:: DATASET CONTENT ::

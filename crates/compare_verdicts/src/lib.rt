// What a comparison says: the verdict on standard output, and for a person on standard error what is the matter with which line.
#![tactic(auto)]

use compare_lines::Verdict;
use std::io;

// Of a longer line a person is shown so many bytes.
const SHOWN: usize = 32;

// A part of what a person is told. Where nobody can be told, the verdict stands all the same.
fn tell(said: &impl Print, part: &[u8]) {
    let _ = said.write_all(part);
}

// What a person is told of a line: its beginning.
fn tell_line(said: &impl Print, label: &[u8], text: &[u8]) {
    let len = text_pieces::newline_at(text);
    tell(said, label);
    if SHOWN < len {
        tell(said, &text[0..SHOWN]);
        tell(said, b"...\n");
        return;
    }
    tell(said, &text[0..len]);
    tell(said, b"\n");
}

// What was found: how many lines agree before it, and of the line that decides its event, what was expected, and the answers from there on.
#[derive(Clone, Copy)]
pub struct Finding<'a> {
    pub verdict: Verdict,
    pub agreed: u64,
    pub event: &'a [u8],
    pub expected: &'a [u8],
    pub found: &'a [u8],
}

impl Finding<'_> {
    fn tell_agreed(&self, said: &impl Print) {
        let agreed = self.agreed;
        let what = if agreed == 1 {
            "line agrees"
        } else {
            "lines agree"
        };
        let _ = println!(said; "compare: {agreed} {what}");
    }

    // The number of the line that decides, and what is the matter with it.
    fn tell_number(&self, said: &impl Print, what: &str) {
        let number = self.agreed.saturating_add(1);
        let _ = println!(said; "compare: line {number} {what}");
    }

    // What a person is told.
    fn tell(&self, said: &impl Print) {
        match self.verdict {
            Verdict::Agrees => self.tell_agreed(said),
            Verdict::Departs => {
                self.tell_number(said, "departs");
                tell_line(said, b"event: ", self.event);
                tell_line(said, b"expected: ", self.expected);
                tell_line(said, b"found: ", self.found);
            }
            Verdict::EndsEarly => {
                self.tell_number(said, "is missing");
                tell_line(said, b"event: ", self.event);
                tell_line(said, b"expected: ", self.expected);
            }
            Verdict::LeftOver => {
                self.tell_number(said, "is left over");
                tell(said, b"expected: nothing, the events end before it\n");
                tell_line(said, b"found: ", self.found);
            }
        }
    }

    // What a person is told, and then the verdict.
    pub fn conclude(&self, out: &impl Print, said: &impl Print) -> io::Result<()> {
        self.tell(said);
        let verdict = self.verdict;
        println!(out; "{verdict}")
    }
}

:::
:: DATASET CONTENT ::

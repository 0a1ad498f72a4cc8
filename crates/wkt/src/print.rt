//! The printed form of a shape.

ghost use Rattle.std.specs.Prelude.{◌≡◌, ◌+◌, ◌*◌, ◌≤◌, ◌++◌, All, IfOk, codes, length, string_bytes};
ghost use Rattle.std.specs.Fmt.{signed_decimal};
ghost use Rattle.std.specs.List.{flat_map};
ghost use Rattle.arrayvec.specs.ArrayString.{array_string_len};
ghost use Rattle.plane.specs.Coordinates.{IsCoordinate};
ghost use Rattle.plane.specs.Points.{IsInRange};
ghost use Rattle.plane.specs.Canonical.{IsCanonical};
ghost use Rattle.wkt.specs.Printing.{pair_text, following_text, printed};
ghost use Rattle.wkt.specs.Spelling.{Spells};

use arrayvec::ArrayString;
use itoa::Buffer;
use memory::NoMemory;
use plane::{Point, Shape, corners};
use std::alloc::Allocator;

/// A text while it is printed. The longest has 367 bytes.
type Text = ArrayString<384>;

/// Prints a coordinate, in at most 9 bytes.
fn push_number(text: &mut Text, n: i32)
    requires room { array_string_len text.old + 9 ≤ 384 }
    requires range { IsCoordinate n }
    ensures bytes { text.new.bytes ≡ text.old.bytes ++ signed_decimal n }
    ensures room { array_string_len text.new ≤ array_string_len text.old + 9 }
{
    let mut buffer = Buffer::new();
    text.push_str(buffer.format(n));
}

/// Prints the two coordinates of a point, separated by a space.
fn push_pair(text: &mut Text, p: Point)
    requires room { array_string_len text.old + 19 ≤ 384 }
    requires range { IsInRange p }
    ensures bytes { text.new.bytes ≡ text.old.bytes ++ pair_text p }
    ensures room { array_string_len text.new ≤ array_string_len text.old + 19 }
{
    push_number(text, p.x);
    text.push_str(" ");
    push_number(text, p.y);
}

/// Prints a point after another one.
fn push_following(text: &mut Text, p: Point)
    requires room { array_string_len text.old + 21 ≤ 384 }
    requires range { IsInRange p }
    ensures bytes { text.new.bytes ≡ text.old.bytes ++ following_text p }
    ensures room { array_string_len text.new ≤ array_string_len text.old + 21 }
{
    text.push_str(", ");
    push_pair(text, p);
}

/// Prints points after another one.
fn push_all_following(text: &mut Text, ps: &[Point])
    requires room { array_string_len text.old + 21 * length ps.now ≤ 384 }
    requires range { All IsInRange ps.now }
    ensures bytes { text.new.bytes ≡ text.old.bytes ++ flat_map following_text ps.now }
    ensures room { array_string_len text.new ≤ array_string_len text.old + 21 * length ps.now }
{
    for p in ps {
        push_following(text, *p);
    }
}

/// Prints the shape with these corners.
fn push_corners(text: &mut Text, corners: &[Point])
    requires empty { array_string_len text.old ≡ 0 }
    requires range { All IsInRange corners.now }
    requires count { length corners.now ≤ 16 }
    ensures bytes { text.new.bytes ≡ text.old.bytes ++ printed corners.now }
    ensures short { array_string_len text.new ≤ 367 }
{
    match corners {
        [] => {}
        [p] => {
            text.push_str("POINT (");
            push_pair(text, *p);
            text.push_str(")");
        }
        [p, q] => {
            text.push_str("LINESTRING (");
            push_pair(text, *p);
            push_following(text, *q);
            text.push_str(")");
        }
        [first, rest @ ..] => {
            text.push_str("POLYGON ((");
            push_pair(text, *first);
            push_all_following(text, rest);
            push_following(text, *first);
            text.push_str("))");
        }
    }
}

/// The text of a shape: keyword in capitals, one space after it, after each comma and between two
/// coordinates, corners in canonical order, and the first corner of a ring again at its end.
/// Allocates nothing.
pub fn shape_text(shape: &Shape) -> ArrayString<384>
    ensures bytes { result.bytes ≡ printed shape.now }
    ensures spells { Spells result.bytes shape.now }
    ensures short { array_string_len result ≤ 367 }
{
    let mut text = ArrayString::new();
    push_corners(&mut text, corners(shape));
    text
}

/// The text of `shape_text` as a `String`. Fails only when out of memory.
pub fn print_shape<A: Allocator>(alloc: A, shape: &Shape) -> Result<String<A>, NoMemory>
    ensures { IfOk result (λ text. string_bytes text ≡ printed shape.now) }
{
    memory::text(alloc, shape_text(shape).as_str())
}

:::
:: DATASET CONTENT ::

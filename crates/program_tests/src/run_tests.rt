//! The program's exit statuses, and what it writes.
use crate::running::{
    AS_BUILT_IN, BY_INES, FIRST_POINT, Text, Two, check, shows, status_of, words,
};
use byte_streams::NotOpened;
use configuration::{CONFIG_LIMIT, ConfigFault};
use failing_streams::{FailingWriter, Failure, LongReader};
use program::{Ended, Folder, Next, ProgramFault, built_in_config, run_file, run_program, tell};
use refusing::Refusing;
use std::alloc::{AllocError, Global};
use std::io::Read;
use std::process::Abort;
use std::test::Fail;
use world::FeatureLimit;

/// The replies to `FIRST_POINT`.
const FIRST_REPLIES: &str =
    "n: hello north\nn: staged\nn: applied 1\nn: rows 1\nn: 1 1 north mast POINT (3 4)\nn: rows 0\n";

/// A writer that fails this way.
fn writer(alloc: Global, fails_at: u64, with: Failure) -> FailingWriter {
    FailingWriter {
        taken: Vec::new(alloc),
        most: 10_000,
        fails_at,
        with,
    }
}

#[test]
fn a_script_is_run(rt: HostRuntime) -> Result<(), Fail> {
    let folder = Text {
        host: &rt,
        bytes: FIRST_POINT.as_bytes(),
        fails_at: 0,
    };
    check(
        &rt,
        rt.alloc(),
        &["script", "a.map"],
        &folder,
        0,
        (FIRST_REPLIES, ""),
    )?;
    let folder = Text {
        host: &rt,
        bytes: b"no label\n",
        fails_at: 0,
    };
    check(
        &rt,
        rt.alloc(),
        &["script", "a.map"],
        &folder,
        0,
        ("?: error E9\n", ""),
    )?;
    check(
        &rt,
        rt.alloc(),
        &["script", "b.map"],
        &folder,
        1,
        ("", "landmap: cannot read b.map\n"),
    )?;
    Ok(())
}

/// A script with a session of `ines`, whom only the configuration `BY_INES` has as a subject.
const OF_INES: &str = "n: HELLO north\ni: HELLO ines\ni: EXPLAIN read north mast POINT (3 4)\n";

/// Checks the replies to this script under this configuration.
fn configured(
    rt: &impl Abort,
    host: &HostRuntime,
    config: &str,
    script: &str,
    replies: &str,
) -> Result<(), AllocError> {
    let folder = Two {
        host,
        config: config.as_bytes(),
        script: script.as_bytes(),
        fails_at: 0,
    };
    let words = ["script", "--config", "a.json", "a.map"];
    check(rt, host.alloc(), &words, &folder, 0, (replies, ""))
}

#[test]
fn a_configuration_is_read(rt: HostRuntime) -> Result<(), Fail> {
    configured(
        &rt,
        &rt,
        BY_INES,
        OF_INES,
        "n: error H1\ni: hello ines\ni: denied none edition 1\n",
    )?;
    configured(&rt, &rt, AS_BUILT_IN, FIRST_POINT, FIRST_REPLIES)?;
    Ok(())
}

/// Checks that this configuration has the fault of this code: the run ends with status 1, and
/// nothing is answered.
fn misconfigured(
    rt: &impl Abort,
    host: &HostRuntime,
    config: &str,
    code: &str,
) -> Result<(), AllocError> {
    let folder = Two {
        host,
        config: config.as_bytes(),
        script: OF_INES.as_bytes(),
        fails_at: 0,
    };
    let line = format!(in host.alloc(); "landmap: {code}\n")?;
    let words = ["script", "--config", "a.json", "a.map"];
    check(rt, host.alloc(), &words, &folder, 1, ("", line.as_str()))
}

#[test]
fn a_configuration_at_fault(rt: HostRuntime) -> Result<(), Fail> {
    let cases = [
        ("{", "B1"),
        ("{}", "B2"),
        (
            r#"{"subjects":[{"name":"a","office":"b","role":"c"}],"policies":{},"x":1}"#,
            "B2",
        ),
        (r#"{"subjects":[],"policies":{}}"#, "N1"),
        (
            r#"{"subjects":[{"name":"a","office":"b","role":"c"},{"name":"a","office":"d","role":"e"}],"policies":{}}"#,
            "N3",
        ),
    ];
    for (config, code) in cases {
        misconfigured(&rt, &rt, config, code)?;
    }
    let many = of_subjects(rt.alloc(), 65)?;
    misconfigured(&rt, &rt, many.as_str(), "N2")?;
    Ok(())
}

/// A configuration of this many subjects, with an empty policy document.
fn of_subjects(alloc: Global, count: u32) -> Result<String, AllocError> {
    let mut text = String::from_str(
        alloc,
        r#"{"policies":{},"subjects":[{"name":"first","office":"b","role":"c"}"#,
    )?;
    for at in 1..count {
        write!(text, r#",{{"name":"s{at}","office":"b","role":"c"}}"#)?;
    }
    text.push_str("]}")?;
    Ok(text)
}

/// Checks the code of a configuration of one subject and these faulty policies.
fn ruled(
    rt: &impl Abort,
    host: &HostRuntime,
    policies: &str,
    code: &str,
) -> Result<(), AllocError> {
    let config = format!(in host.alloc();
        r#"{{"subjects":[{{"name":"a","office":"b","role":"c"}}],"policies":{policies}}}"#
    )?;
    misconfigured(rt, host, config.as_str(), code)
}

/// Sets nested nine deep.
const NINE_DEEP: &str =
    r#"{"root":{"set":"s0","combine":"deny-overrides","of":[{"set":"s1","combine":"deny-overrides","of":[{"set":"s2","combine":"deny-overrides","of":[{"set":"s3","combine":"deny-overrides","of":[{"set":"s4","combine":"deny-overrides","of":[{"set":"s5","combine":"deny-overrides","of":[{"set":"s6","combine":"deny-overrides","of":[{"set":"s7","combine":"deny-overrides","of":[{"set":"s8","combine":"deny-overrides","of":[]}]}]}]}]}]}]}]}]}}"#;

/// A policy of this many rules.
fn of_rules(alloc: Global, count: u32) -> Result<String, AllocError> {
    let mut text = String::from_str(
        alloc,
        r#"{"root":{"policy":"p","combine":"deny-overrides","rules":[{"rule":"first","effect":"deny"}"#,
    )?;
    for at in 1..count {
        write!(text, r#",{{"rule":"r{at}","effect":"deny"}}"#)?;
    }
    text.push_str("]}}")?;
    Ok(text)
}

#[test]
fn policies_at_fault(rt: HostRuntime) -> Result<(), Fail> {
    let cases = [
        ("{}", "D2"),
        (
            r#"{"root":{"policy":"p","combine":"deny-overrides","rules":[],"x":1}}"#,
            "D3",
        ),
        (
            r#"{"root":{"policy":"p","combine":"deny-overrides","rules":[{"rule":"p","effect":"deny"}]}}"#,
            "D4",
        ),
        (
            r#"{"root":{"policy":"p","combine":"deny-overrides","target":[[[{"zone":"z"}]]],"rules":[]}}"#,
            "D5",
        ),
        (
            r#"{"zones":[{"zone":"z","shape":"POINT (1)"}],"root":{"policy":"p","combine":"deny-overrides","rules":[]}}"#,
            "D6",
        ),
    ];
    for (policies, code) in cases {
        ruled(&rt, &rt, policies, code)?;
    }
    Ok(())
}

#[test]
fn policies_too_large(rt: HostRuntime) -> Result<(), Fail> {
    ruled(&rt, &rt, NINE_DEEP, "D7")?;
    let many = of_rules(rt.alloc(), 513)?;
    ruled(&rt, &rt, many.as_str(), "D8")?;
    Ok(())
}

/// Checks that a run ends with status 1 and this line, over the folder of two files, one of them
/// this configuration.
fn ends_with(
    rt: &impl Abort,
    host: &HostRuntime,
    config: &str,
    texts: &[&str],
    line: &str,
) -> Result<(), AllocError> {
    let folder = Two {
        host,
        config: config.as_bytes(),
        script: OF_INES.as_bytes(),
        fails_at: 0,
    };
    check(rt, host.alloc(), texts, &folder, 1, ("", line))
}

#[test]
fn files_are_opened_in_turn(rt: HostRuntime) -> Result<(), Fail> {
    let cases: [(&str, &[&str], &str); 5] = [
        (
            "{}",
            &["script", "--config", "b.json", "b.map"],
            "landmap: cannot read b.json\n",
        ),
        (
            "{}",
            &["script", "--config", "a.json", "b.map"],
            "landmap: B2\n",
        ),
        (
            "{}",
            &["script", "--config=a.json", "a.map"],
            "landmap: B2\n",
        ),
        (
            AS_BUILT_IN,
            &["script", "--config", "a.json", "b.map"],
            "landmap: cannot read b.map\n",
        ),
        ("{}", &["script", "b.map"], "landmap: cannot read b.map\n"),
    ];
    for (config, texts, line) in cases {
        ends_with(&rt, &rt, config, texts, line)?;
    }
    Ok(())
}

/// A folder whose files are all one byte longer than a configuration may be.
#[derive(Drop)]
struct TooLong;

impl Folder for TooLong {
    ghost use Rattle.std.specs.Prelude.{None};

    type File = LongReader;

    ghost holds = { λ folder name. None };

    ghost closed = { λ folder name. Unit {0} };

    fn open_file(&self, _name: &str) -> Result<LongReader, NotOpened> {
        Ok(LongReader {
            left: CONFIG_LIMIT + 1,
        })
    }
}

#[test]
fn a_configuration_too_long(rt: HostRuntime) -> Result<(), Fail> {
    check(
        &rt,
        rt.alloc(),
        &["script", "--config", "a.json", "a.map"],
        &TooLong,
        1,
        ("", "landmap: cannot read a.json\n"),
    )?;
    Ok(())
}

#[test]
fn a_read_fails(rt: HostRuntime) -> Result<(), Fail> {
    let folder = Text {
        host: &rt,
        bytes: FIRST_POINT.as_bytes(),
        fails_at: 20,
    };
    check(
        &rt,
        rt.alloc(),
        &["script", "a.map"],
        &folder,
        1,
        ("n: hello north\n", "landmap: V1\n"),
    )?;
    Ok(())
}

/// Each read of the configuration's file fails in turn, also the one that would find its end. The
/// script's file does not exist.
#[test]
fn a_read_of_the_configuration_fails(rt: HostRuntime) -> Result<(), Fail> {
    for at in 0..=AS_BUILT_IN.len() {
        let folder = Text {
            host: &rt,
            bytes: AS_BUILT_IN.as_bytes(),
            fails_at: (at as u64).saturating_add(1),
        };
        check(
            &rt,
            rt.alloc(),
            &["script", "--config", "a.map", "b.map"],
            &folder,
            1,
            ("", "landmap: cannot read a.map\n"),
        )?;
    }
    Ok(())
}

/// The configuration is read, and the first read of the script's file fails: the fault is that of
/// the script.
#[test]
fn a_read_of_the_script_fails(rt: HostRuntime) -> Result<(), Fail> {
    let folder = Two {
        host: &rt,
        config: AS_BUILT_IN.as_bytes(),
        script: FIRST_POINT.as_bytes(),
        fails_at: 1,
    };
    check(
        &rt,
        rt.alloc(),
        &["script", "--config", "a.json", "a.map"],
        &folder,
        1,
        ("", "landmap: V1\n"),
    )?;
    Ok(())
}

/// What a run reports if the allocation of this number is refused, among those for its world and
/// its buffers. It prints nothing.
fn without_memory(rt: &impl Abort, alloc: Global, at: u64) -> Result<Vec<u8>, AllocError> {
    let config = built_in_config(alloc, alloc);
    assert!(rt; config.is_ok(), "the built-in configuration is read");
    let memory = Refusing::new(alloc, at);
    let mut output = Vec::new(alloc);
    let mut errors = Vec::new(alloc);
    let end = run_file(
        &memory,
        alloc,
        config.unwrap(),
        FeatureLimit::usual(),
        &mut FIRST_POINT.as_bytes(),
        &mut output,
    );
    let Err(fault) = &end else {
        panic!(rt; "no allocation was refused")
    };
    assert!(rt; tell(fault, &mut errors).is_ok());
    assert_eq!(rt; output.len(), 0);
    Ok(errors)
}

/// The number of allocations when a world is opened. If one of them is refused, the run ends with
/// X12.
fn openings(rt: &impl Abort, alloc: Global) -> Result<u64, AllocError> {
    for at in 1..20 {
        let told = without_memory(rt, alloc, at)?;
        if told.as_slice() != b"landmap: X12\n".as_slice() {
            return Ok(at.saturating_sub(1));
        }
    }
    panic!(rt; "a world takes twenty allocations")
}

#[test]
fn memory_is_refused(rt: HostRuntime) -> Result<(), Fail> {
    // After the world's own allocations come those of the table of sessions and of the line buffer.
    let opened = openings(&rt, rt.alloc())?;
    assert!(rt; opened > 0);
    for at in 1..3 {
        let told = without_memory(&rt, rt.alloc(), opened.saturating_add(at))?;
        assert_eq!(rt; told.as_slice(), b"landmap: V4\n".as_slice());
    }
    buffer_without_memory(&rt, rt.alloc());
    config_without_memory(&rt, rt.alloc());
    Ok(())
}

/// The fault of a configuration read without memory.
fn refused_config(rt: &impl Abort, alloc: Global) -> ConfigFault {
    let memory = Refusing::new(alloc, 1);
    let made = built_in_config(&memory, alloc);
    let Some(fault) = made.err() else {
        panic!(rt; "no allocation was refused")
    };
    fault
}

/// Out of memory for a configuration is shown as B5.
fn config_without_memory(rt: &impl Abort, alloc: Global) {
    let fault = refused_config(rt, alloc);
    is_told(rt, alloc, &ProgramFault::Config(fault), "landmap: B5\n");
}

:::

- EXERCISE
For the string "Refusing", show each line of the listing where it appears.

- OUTPUT OF THE EXERCISE
use refusing::Refusing;
    let memory = Refusing::new(alloc, at);
    let memory = Refusing::new(alloc, 1);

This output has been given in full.